HOW TO COMPLETE THIS TASK:
Show each line of the data below that has the string "four" in it.

+++++

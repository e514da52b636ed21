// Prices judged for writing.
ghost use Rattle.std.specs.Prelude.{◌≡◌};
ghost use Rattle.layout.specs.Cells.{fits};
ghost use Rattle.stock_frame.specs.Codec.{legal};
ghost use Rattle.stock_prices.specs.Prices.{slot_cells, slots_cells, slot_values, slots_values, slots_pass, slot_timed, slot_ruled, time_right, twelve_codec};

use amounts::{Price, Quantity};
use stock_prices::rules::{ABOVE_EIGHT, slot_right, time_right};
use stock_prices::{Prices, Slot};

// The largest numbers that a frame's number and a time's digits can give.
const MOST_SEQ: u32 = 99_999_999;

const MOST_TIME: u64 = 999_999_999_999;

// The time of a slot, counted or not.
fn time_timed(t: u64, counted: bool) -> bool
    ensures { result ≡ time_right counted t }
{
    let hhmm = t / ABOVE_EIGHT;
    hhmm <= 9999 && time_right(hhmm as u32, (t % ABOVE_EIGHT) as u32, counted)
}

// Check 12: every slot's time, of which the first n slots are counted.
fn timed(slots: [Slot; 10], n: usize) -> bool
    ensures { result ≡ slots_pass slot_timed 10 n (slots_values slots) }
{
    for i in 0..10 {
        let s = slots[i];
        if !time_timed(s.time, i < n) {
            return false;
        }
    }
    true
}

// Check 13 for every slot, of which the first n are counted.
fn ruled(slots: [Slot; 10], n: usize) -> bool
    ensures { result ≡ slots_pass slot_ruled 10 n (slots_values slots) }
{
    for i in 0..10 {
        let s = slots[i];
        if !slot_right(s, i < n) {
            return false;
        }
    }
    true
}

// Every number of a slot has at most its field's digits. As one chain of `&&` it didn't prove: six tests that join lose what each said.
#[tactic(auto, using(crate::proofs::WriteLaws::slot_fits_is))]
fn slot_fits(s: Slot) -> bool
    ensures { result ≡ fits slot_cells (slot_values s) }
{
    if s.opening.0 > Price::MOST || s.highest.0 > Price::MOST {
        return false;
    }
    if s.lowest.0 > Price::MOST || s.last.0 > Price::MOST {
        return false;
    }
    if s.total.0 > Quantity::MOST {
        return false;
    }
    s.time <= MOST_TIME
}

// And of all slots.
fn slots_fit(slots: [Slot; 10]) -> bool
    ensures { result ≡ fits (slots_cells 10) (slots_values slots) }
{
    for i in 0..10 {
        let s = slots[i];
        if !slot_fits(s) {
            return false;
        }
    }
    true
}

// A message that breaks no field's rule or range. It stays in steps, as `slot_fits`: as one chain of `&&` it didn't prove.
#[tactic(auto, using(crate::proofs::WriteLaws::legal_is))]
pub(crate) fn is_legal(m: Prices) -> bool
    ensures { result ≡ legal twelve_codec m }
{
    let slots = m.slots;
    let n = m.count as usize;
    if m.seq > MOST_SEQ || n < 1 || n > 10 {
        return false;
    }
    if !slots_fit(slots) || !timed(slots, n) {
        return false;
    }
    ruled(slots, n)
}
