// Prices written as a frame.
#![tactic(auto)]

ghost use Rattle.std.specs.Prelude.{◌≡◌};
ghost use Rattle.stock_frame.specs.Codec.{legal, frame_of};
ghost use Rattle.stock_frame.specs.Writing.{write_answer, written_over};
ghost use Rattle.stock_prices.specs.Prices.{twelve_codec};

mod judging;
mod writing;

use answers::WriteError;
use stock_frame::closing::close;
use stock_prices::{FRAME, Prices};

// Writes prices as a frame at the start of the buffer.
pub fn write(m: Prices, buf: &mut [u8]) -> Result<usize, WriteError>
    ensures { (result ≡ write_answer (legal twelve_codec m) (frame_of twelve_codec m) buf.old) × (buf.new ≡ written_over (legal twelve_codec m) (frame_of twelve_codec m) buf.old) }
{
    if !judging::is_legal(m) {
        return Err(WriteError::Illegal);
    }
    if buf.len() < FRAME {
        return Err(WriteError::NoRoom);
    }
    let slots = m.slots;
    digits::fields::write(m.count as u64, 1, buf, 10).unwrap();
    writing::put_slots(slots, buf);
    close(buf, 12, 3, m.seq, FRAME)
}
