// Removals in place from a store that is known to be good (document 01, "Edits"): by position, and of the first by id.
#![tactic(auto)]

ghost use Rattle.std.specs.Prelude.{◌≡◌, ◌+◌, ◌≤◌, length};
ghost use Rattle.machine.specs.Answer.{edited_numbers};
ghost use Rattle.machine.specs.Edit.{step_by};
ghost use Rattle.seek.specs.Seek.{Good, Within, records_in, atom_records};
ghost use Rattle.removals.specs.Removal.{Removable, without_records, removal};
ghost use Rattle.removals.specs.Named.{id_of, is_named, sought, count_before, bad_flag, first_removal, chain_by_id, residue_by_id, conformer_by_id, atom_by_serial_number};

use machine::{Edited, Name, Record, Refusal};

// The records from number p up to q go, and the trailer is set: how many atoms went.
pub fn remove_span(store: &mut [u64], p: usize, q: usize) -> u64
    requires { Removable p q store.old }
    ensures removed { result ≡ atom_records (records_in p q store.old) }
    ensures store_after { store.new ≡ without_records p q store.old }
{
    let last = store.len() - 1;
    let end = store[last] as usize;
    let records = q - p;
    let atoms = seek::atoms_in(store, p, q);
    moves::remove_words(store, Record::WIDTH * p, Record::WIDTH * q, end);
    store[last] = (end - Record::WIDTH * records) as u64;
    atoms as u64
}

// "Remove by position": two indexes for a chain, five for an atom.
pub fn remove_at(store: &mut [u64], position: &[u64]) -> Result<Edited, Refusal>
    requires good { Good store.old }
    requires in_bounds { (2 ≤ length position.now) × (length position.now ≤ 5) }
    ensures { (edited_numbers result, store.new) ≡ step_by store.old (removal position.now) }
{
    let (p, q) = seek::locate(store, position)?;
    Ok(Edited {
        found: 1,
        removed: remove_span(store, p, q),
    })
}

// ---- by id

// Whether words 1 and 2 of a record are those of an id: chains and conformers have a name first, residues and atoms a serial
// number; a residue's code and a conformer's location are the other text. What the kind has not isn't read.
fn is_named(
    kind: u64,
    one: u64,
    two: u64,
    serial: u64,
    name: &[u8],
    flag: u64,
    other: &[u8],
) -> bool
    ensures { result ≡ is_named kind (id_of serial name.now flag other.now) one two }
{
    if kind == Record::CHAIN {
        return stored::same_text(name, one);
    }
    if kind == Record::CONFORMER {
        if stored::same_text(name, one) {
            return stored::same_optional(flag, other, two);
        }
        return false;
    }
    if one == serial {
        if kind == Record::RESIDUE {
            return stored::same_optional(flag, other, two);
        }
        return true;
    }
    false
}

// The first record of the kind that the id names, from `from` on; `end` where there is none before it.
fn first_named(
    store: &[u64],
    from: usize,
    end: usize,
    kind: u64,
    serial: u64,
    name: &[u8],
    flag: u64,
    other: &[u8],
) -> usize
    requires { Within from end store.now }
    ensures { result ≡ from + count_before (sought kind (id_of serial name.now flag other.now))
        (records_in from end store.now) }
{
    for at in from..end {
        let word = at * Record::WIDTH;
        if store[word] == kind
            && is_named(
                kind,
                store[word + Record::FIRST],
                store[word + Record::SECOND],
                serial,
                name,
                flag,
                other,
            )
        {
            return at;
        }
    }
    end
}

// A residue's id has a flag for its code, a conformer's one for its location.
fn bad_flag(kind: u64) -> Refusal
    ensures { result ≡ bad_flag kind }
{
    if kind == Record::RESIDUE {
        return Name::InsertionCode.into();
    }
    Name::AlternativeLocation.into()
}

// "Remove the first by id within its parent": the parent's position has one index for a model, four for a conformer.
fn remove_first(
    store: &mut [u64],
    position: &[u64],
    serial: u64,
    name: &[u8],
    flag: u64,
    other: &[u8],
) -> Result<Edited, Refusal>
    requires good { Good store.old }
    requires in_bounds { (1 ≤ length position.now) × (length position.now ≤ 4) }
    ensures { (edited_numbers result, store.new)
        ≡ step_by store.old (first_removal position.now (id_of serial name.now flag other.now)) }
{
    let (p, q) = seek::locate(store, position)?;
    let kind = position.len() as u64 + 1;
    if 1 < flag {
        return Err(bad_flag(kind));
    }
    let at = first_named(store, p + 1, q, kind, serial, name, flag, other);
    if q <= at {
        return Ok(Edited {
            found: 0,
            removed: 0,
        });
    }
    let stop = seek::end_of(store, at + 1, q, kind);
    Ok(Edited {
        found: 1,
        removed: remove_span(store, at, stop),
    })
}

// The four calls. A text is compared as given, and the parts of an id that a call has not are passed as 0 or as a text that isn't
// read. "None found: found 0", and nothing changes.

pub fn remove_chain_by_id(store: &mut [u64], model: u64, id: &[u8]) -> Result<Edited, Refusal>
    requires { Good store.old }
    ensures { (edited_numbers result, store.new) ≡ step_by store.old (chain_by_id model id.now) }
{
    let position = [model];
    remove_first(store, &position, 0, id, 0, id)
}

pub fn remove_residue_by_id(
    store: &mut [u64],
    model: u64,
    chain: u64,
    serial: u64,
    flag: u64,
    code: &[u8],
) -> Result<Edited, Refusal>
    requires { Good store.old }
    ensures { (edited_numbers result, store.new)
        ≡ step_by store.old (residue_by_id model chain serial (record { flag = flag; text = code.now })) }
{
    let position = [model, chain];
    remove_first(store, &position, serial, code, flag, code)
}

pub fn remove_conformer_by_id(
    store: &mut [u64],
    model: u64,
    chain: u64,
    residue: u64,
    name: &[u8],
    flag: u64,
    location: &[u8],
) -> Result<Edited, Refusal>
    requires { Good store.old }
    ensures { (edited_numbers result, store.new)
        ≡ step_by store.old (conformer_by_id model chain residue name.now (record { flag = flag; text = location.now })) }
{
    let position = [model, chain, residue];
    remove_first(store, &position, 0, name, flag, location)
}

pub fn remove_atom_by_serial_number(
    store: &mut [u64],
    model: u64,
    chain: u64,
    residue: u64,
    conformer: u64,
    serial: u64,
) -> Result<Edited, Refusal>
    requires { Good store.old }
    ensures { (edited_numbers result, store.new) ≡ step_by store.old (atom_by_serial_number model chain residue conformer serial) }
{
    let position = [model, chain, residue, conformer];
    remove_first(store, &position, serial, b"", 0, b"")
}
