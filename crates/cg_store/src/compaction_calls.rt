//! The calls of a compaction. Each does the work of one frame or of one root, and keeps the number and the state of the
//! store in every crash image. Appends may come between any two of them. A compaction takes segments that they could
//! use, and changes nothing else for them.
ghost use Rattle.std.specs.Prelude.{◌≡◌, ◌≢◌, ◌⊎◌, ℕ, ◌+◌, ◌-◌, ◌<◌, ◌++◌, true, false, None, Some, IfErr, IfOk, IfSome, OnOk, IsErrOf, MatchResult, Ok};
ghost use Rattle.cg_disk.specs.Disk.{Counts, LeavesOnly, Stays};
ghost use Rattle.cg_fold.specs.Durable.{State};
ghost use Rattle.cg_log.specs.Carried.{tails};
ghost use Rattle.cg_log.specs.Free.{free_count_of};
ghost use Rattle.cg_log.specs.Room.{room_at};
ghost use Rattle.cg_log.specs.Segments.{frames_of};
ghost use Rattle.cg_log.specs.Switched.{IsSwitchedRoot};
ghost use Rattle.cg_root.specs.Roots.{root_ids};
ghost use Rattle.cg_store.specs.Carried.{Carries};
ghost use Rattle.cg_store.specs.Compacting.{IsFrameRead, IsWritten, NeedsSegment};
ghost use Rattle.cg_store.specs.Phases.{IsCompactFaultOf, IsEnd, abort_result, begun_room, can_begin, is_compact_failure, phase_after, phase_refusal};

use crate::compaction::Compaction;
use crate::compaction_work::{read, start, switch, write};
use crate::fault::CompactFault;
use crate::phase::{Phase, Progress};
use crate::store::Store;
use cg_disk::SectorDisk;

+++++

EXERCISE RESPONSE:
// "Remove the first by id within its parent": the parent's position has one index for a model, four for a conformer.
// The four calls. A text is compared as given, and the parts of an id that a call has not are passed as 0 or as a text that isn't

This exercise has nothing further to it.